Following last week’s trio of AI releases, Alibaba has unveiled another groundbreaking open-source model: the cinematic video generation model Tongyi Wanxiang Wan2.2, optimized for AI video generation and AI video generator applications. Wan2.2 integrates three core cinematic aesthetic elements—lighting, color, and camera language—into the model, offering over 60 intuitive, controllable parameters to significantly enhance the efficiency of producing movie-quality visuals.

Currently, the model can generate 5-second high-definition videos in a single run, with users able to create short films through multi-round prompts. In the future, Tongyi Wanxiang aims to extend the duration of single video generations, making AI video creation even more efficient.
Wan2.2 introduces three open-source models: Text-to-Video (Wan2.2-T2V-A14B), Image-to-Video (Wan2.2-I2V-A14B), and Unified Video Generation (Wan2.2-TI2V-5B). The Text-to-Video and Image-to-Video models are the industry’s first to leverage the Mixture of Experts (MoE) architecture for AI video generation, with a total of 27 billion parameters and 14 billion active parameters. These models consist of high-noise and low-noise expert models, handling overall video layout and fine details, respectively. This approach reduces computational resource consumption by approximately 50% compared to models of similar scale, effectively addressing the issue of excessive token processing in AI video generators. It also achieves significant improvements in complex motion generation, character interactions, aesthetic expression, and dynamic scenes.

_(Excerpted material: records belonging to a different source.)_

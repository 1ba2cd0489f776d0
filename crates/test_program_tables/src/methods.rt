// Generic functions: which methods they take, and which of them a call runs.

mod questions;
mod setting;

use crate::inputs::command;
use base::{Datum, Names};
use questions::ask;
use setting::MethodRows;
use test_rows::RowAnswer;

/// Classes, generic functions, methods and questions, in order. A method that is refused answers so.
pub fn answer_row(got: &mut RowAnswer, names: &Names, data: &[Datum]) -> Option<()> {
    let mut setting = MethodRows::nothing(got.alloc);
    let answered = put_all(got, names, &mut setting, data);
    drop(setting);
    answered
}

fn put_all(
    got: &mut RowAnswer,
    names: &Names,
    setting: &mut MethodRows,
    data: &[Datum],
) -> Option<()> {
    for datum in data {
        put_one(got, names, setting, datum)?;
    }
    Some(())
}

fn put_one(
    got: &mut RowAnswer,
    names: &Names,
    setting: &mut MethodRows,
    datum: &Datum,
) -> Option<()> {
    let (head, parts) = command(names, datum)?;
    match head {
        "classes" => setting.take_classes(got, parts),
        "flat" => setting.take_flat(got, parts),
        "generic" => setting.define(got, names, parts),
        "add" => setting.add(got, names, parts),
        _ => ask(got, setting, head, parts),
    }
}
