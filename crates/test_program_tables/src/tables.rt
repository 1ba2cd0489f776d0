// The tables, and the calls that their inputs are put to.

use crate::{classes, methods, programs};
use base::{Datum, Names};
use test_rows::{RowAnswer, Table, read_data};

/// A table, whose inputs are data.
pub enum ProgramTable {
    Classes,
    Methods,
    Programs,
}

impl Table for ProgramTable {
    fn answer_row(&self, got: &mut RowAnswer, input: &[u8]) -> Option<()> {
        let mut names = Names::new(got.alloc);
        let answered = self.put_text(got, &mut names, input);
        drop(names);
        answered
    }
}

impl ProgramTable {
    fn put_text(&self, got: &mut RowAnswer, names: &mut Names, text: &[u8]) -> Option<()> {
        let read = read_data(got, names, text)?;
        let answered = self.put_data(got, names, read.as_slice());
        drop(read);
        answered
    }

    fn put_data(&self, got: &mut RowAnswer, names: &mut Names, data: &[Datum]) -> Option<()> {
        match self {
            ProgramTable::Classes => classes::answer_row(got, names, data),
            ProgramTable::Methods => methods::answer_row(got, names, data),
            ProgramTable::Programs => programs::answer_row(got, names, data),
        }
    }
}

Moreover, Wan2.2 pioneers a cinematic aesthetic control system, delivering professional-grade capabilities in lighting, color, composition, and micro-expressions. For instance, by inputting keywords like “twilight,” “soft light,” “rim light,” “warm tones,” or “centered composition,” the model can automatically generate romantic scenes with golden sunset hues. Alternatively, combining “cool tones,” “hard light,” “balanced composition,” and “low angle” produces visuals akin to sci-fi films, showcasing its versatility for AI video creation and AI video generation tasks.